Noel N. Schulz received her B.S.E.E. and M.S.E.E. degrees from Virginia Polytechnic Institute and State University in 1988 and 1990, respectively. She received her Ph.D. in EE from the University of Minnesota in 1995. She has been an Associate Professor in the ECE department at Mississippi State University since July 2001.She currently holds the TVA endowed professorship in power systems engineering. Her research interests are in computer applications in power system operations including artificial intelligence techniques.
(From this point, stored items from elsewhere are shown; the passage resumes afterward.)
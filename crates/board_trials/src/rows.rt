//! Installs for exchanges that are decided: worked rows, each compared with what was worked out by hand.
ghost use Rattle.std.specs.Prelude.{◌≡◌, ◌<◌, ◌≤◌, [], length, vec_len};
ghost use Rattle.pc_rule_law.specs.Conditions.{IsFree, CanWrite};
ghost use Rattle.pc_rule_law.specs.Past.{Has};
ghost use Rattle.pc_protocol.specs.Notes.{outdated};
ghost use Rattle.pc_exchange_law.specs.Ties.{code};
ghost use Rattle.pc_rule.specs.Passes.{view, knows, listed, board_size, IsPassOf, IsSeatedAs, IsSamePass};
ghost use Rattle.pc_rule.specs.declared.opening.Place.{Place};
ghost use Rattle.pc_dcss.specs.Installs.{KnowsPlace};
ghost use Rattle.pc_kcas.specs.Exchanges.{IsPublished, own_exchange};
ghost use Rattle.pc_rule.specs.Shares.{AreAll, NoneTried};

use crate::exchanges::{height, installed, published, value, version};
use crate::withdrawals::withdrawn;
use pc_dcss::Installed;
use pc_kcas::{Verdict, finish};
use pc_model::{Field, Loose, Memory};
use pc_rule::{Board, Pass, Place, Share, close_board, open_board, step_14, usual_starts};
use pc_words::{Stage, Status, pack};

/// The pass publishes the version and a value of the sentinel, withdraws, and installs both words after that.
fn withdrawn_and_installed(
    board: &Board<Loose>,
    pass: &mut Pass<Loose>,
) -> Option<(bool, Installed, Installed)>
    requires pass { IsPassOf board.now pass.old }
    requires open { CanWrite (view pass.old) × (listed pass.old ≡ []) }
    requires free { IsFree (view pass.old) }
    requires start { (board_size board.now).starts.version ≡ 0 }
    ensures seated { IsSeatedAs pass.old pass.new }
    ensures free { IsFree (view pass.new) }
{
    let one = version();
    let two = value(50);
    let Ok(()) = published(board, pass, one, two) else {
        return None;
    };
    let undecided = withdrawn(board, pass);
    let first = installed(board, pass, one);
    let second = installed(board, pass, two);
    Some((undecided, first, second))
}

/// The same by the first of all passes of the board.
fn withdrawn_and_installed_by(
    board: &Board<Loose>,
    passes: &mut Vec<Pass<Loose>>,
) -> Option<(bool, Installed, Installed)>
    requires all { AreAll board.now passes.old.items }
    requires some { 0 < vec_len passes.old }
    requires open { NoneTried passes.old.items }
    requires start { (board_size board.now).starts.version ≡ 0 }
    ensures { AreAll board.now passes.new.items }
{
    withdrawn_and_installed(board, &mut passes[0])
}

#[test]
fn installs_for_a_withdrawn_exchange_find_it_decided(rt: HostRuntime) -> Result<(), Memory> {
    let share = Share { slots: 1, calls: 0 };
    let (board, mut passes) = open_board(rt.alloc(), Loose, &[share], usual_starts())?;
    let answers = withdrawn_and_installed_by(&board, &mut passes);
    let closed = close_board(board, passes);
    let left = (closed.cell(1, Field::Version), closed.cell(1, Field::Value));
    let wanted = (true, Installed::Decided, Installed::Decided);
    assert_eq!(rt; (answers, left), (Some(wanted), (0, 0)));
    Ok(())
}

/// The own exchange fails since the sentinel has changed. Says whether it was undecided until then.
fn failed(board: &Board<Loose>, pass: &mut Pass<Loose>) -> bool
    requires pass { IsPassOf board.now pass.old }
    requires free { IsFree (view pass.old) }
    requires published { IsPublished pass.old }
    requires outdated { Has (knows pass.old).told (outdated (code (view pass.old).seat (view pass.old).attempt.number) 1) }
    ensures same { IsSamePass pass.old pass.new }
    ensures free { IsFree (view pass.new) }
    ensures published { IsPublished pass.new }
    ensures keeps { (x : Place) → KnowsPlace (view pass.old) (own_exchange pass.old) x → KnowsPlace (view pass.new) (own_exchange pass.new) x }
{
    let of = pass.number();
    let number = pass.attempts();
    let undecided = pack(Status {
        number,
        stage: Stage::Undecided,
    });
    let changed = pack(Status {
        number,
        stage: Stage::Changed { node: 1 },
    });
    step_14(board, pass, of, undecided, changed) == undecided
}

/// The pass installs both words of its exchange. Where the first one differs, the exchange fails before the second is installed. Says
/// both answers, whether it was undecided until it failed, and how it ended.
fn fails_and_installs(
    board: &Board<Loose>,
    pass: &mut Pass<Loose>,
    one: Place,
    two: Place,
) -> Option<(Installed, bool, Installed, Verdict)>
    requires pass { IsPassOf board.now pass.old }
    requires free { IsFree (view pass.old) }
    requires published { IsPublished pass.old }
    requires one { KnowsPlace (view pass.old) (own_exchange pass.old) one × (one.node ≡ 1) }
    requires two { KnowsPlace (view pass.old) (own_exchange pass.old) two }
    ensures seated { IsSeatedAs pass.old pass.new }
    ensures free { IsFree (view pass.new) }
{
    let first = installed(board, pass, one);
    let Installed::Differs(_) = first else {
        return None;
    };
    let undecided = failed(board, pass);
    let second = installed(board, pass, two);
    Some((first, undecided, second, finish(board, pass)))
}

/// The first pass publishes the version and a value of the sentinel, and the second the version and its height. The second ends its
/// exchange. Then the first installs its words, of which one differs.
fn install_is_late(
    board: &Board<Loose>,
    first: &mut Pass<Loose>,
    second: &mut Pass<Loose>,
) -> Option<(Verdict, (Installed, bool, Installed, Verdict))>
    requires passes { IsPassOf board.now first.old × IsPassOf board.now second.old }
    requires free { IsFree (view first.old) × IsFree (view second.old) }
    requires start { (board_size board.now).starts.version ≡ 0 }
    requires one { CanWrite (view first.old) × (listed first.old ≡ []) }
    requires two { CanWrite (view second.old) × (listed second.old ≡ []) }
    ensures same { IsSeatedAs first.old first.new × IsSeatedAs second.old second.new }
    ensures free { IsFree (view first.new) × IsFree (view second.new) }
{
    let one = version();
    let two = value(50);
    let Ok(()) = published(board, first, one, two) else {
        return None;
    };
    let Ok(()) = published(board, second, one, height(6)) else {
        return None;
    };
    let won = finish(board, second);
    let late = fails_and_installs(board, first, one, two)?;
    Some((won, late))
}

/// The same by the first two of all passes of the board.
fn install_is_late_by(
    board: &Board<Loose>,
    passes: &mut [Pass<Loose>],
) -> Option<(Verdict, (Installed, bool, Installed, Verdict))>
    requires all { AreAll board.now passes.old }
    requires two { 2 ≤ length passes.old }
    requires open { NoneTried passes.old }
    requires start { (board_size board.now).starts.version ≡ 0 }
    ensures { AreAll board.now passes.new }
{
    let (front, back) = passes.split_at_mut(1);
    install_is_late(board, &mut front[0], &mut back[0])
}

#[test]
fn an_install_after_another_exchange_differs(rt: HostRuntime) -> Result<(), Memory> {
    let share = Share { slots: 1, calls: 0 };
    let (board, mut passes) = open_board(rt.alloc(), Loose, &[share, share], usual_starts())?;
    let answers = install_is_late_by(&board, passes.as_mut_slice());
    let closed = close_board(board, passes);
    let version = closed.cell(1, Field::Version);
    let left = (closed.cell(1, Field::Value), closed.cell(1, Field::Height));
    let late = (
        Installed::Differs(2),
        true,
        Installed::Decided,
        Verdict::Changed { node: 1 },
    );
    let wanted = (Verdict::Won { stamp: 1 }, late);
    assert_eq!(rt; (answers, version, left), (Some(wanted), 2, (0, 6)));
    Ok(())
}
She is a NSF CAREER award recipient. She has been active in the IEEE Power & Energy Society and served as Secretary for 2004-2007 and Treasurer for 2008-2009. She was the 2002 recipient of the IEEE/PES Walter Fee Outstanding Young Power Engineer Award. Dr. Schulz is a member of Eta Kappa Nu and Tau Beta Pi. Anurag K. Srivastava received his Ph.D. degree from Illinois Institute of Technology (IIT), Chicago, in 2005, M. Tech. from Institute of Technology, India in 1999 and B. Tech. in Electrical Engineering from Harcourt Butler Technological Institute, India in 1997. He has been working as Assistant research professor at Mississippi State University since September 2005. Before that, he worked as research assistant and teaching assistant at IIT, Chicago, USA and as Senior Research Associate at Electrical Engineering Department at the Indian Institute of Technology, Kanpur, India as well as Research Fellow at Asian Institute of Technology, Bangkok, Thailand. His research interest includes real time simulation, power system modeling, power system security, power system deregulation and artificial intelligent application in power system. Dr. Srivastava is member of IEEE, IET, Power & Energy Society, Sigma Xi and Eta Kappa Nu. He is recipient of several awards and serves as reviewer for IEEE Transactions, international journals and conferences.